#### [What you are asked to do]
Return each entry precisely as it appears below.
>>>>>
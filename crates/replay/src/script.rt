// A line of a script, as the call that it asks for.
use text::ROOM;
use text::words::Words;

// A call.
#[derive(Clone, Copy, Debug, PartialEq, Eq)]
pub enum Call<'a> {
    // `station LEVEL NET`, `station LEVEL NET EXCHANGES` or `station LEVEL NET EXCHANGES LIMIT`: makes the far end's station, with one exchange
    // and the usual absence limit where they are not given.
    Station {
        level: u8,
        net: u8,
        exchanges: u8,
        limit: Option<u16>,
    },
    // `store BYTES`: the lent store's length.
    Store(usize),
    // `poke OFFSET HEX`: somebody else writes the store.
    Poke {
        offset: usize,
        bytes: &'a [u8],
    },
    // `offer HEX`
    Offer(&'a [u8]),
    // `send NUMBER ROOM`
    Send {
        number: u32,
        room: usize,
    },
    // `near HEX`: a record arrives at the near end.
    Near(&'a [u8]),
    // `far HEX ROOM REPLYROOM`: a record arrives at the far end.
    Far {
        received: &'a [u8],
        room: usize,
        reply_room: usize,
    },
    // `clock T`: the far end's clock.
    Clock(u64),
}

fn read_station<'a>(words: &mut Words) -> Option<Call<'a>> {
    Some(Call::Station {
        level: words.number()?,
        net: words.number()?,
        exchanges: if words.is_empty() { 1 } else { words.number()? },
        limit: if words.is_empty() {
            None
        } else {
            Some(words.number()?)
        },
    })
}

// Reads a line; its bytes, if it has any, into `given`.
pub fn read<'a>(line: &[u8], given: &'a mut [u8; ROOM]) -> Option<Call<'a>> {
    let mut words = Words::of(line);
    let call = match words.word()? {
        b"station" => read_station(&mut words)?,
        b"store" => Call::Store(words.room()?),
        b"poke" => Call::Poke {
            offset: words.room()?,
            bytes: words.bytes(given)?,
        },
        b"offer" => Call::Offer(words.bytes(given)?),
        b"send" => Call::Send {
            number: words.number()?,
            room: words.room()?,
        },
        b"near" => Call::Near(words.bytes(given)?),
        b"far" => Call::Far {
            received: words.bytes(given)?,
            room: words.room()?,
            reply_room: words.room()?,
        },
        b"clock" => Call::Clock(words.number()?),
        _ => return None,
    };
    words.is_empty().then_some(call)
}

// What stands before a line.
#[derive(Clone, Copy, Debug, PartialEq, Eq)]
pub enum Before {
    Nothing,
    // The line that makes the station.
    Station,
    // That one, and others.
    More,
}

// Whether a call may stand there: `station` first, `store` perhaps second, then the others.
pub fn in_place(call: Call, before: Before) -> bool {
    match call {
        Call::Station { .. } => before == Before::Nothing,
        Call::Store(_) => before == Before::Station,
        _ => before != Before::Nothing,
    }
}

// What stands before the line behind a call.
pub fn behind(call: Call) -> Before {
    match call {
        Call::Station { .. } => Before::Station,
        _ => Before::More,
    }
}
<<<<<
#### [Result]
filename crates/replay/src/script.rt
// A line of a script, as the call that it asks for.
use text::ROOM;
use text::words::Words;

// A call.
#[derive(Clone, Copy, Debug, PartialEq, Eq)]
pub enum Call<'a> {
    // `station LEVEL NET`, `station LEVEL NET EXCHANGES` or `station LEVEL NET EXCHANGES LIMIT`: makes the far end's station, with one exchange
    // and the usual absence limit where they are not given.
    Station {
        level: u8,
        net: u8,
        exchanges: u8,
        limit: Option<u16>,
    },
    // `store BYTES`: the lent store's length.
    Store(usize),
    // `poke OFFSET HEX`: somebody else writes the store.
    Poke {
        offset: usize,
        bytes: &'a [u8],
    },
    // `offer HEX`
    Offer(&'a [u8]),
    // `send NUMBER ROOM`
    Send {
        number: u32,
        room: usize,
    },
    // `near HEX`: a record arrives at the near end.
    Near(&'a [u8]),
    // `far HEX ROOM REPLYROOM`: a record arrives at the far end.
    Far {
        received: &'a [u8],
        room: usize,
        reply_room: usize,
    },
    // `clock T`: the far end's clock.
    Clock(u64),
}

fn read_station<'a>(words: &mut Words) -> Option<Call<'a>> {
    Some(Call::Station {
        level: words.number()?,
        net: words.number()?,
        exchanges: if words.is_empty() { 1 } else { words.number()? },
        limit: if words.is_empty() {
            None
        } else {
            Some(words.number()?)
        },
    })
}

// Reads a line; its bytes, if it has any, into `given`.
pub fn read<'a>(line: &[u8], given: &'a mut [u8; ROOM]) -> Option<Call<'a>> {
    let mut words = Words::of(line);
    let call = match words.word()? {
        b"station" => read_station(&mut words)?,
        b"store" => Call::Store(words.room()?),
        b"poke" => Call::Poke {
            offset: words.room()?,
            bytes: words.bytes(given)?,
        },
        b"offer" => Call::Offer(words.bytes(given)?),
        b"send" => Call::Send {
            number: words.number()?,
            room: words.room()?,
        },
        b"near" => Call::Near(words.bytes(given)?),
        b"far" => Call::Far {
            received: words.bytes(given)?,
            room: words.room()?,
            reply_room: words.room()?,
        },
        b"clock" => Call::Clock(words.number()?),
        _ => return None,
    };
    words.is_empty().then_some(call)
}

// What stands before a line.
#[derive(Clone, Copy, Debug, PartialEq, Eq)]
pub enum Before {
    Nothing,
    // The line that makes the station.
    Station,
    // That one, and others.
    More,
}

// Whether a call may stand there: `station` first, `store` perhaps second, then the others.
pub fn in_place(call: Call, before: Before) -> bool {
    match call {
        Call::Station { .. } => before == Before::Nothing,
        Call::Store(_) => before == Before::Station,
        _ => before != Before::Nothing,
    }
}

// What stands before the line behind a call.
pub fn behind(call: Call) -> Before {
    match call {
        Call::Station { .. } => Before::Station,
        _ => Before::More,
    }
}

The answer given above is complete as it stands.